The Government obtained data from 116 out of 150 local authorities in England.

It found that 12,086 allegations of abuse had been made by schools in 2009/10.

Almost a fifth resulted in teachers being suspended while allegations were investigated. More than half of investigations took longer than a month to complete – beyond the target limit identified by the Government.

Whilst I am a huge advocate for encouraging victims of abuse to go public with their allegations, I am mindful that many innocent teachers tend to be implicated for crimes they never committed.

Captain Phonics to the Rescue!

July 7, 2011

It’s like the pest that wont go away.  Phonics sneaks up on us all the time, with it’s many proponents insisting it is the missing key in getting literacy levels up to standard.  I doubt that is the case.  In fact, while I think phonics has a minor secondary role to play, if you make phonics the key method for teaching reading, you will almost certainly turn your students off literature.

It seems some British MP’s agree with me:

MPs have criticised government plans to test pupils on their reading ability at the age of six, warning that it will put children off reading for pleasure.

The report criticises the government’s focus on phonics – in which children learn individual sounds and then blend them to read words – as a “mechanical” approach and warns that it will contribute to a decline in literacy.

Fabian Hamilton, who chairs the MPs’ group, said: “If there is a central theme to this, that is, reading must be a pleasure. Of course children need the tools to understand what sounds the symbols make, and what those sounds mean. Phonics is only one way of doing it, there are others.”

The MPs’ report says: “The phonics test is likely to demotivate children rather than ensure that they become eager and fluent readers.”The government is facing a backlash over phonics. Critics, including the United Kingdom Literacy Association, have written to education secretary Michael Gove lobbying him to abandon the test.
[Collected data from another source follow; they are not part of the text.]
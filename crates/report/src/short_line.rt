// A line that takes no memory.
ghost use Rattle.std.specs.Prelude.{◌≡◌, ◌+◌, ◌≤◌, ◌++◌, [], decimal, length};
ghost use Rattle.report.specs.ShortLines.{bytes_of};

use itoa::Buffer;
use std::marker::Model;

// How many bytes a short line has room for.
const SHORT_LINE: usize = 96;

/// A line of at most 96 bytes, kept in place: the first `used` of its bytes.
#[derive(Drop)]
pub struct ShortLine {
    pub bytes: [u8; SHORT_LINE],
    pub used: usize,
}

impl ShortLine {
    /// The bytes of the line: `bytes[..used]`, or all 96 where `used` is more.
    pub fn as_slice(&self) -> &[u8]
        ensures { result.now ≡ bytes_of self.now }
    {
        &self.bytes[..self.used.min(SHORT_LINE)]
    }
}

// A line that is being written.
#[derive(Drop)]
pub(crate) struct LineStart {
    line: ShortLine,
}

impl Model for LineStart {
    ghost use Rattle.std.specs.Prelude.{List, ℕ, ◌≤◌};
    ghost use Rattle.report.specs.ShortLines.{bytes_of};

    ghost Value = { List ℕ };

    ghost view = { λ a. bytes_of a.line };

    ghost invariant = { λ a. a.line.used ≤ 96 };
}

impl LineStart {
    // The line of no byte.
    pub(crate) fn empty() -> LineStart
        ensures { result ≡ [] }
    {
        LineStart {
            line: ShortLine {
                bytes: [0; SHORT_LINE],
                used: 0,
            },
        }
    }

    // Adds bytes at the end.
    pub(crate) fn push(&mut self, piece: &[u8])
        requires { length self.old + length piece.now ≤ SHORT_LINE }
        ensures { self.new ≡ self.old ++ piece.now }
    {
        let end = self.line.used + piece.len();
        self.line.bytes[self.line.used..end].copy_from_slice(piece);
        self.line.used = end;
    }

    // Adds the digits of a number, which are at most 20.
    pub(crate) fn push_number(&mut self, n: u64)
        requires { length self.old + 20 ≤ SHORT_LINE }
        ensures line { self.new ≡ self.old ++ decimal n }
        ensures longer { length self.new ≤ length self.old + 20 }
    {
        self.push(Buffer::new().format(n).as_bytes());
    }

    // The line as it stands.
    pub(crate) fn line(self) -> ShortLine
        ensures bytes { bytes_of result ≡ self }
        ensures fits { result.used ≤ SHORT_LINE }
    {
        self.line
    }
}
The schools minister, Nick Gibb, said: “High-quality evidence from across the world – from Scotland and Australia to the National Reading Panel in the US – shows that the systematic teaching of synthetic phonics is the best way to teach basic reading skills, and especially those aged five to seven.

“It is vital that we focus on the reading skills of children early on in their lives, and give those who are struggling the extra help they need to enable them to go on to enjoy a lifetime’s love of reading rather than a lifelong struggle.”

Surely the greatest contribution a teacher of reading can make is helping to nurture an appreciation and fondness of reading.  Phonics is for most students a giant slog.  Even the expression “systematic teaching of synthetic phonics” is a turnoff.

Phonics has its place, but enjoyment of reading is tantamount.  I want my students to enjoy reading about different people and places, connect with well drawn characters and gain insights. I want them to experinece how reading can trigger emotions, form opinions and nurture their imaginations.

I didn’t become a teacher to turn my students off reading.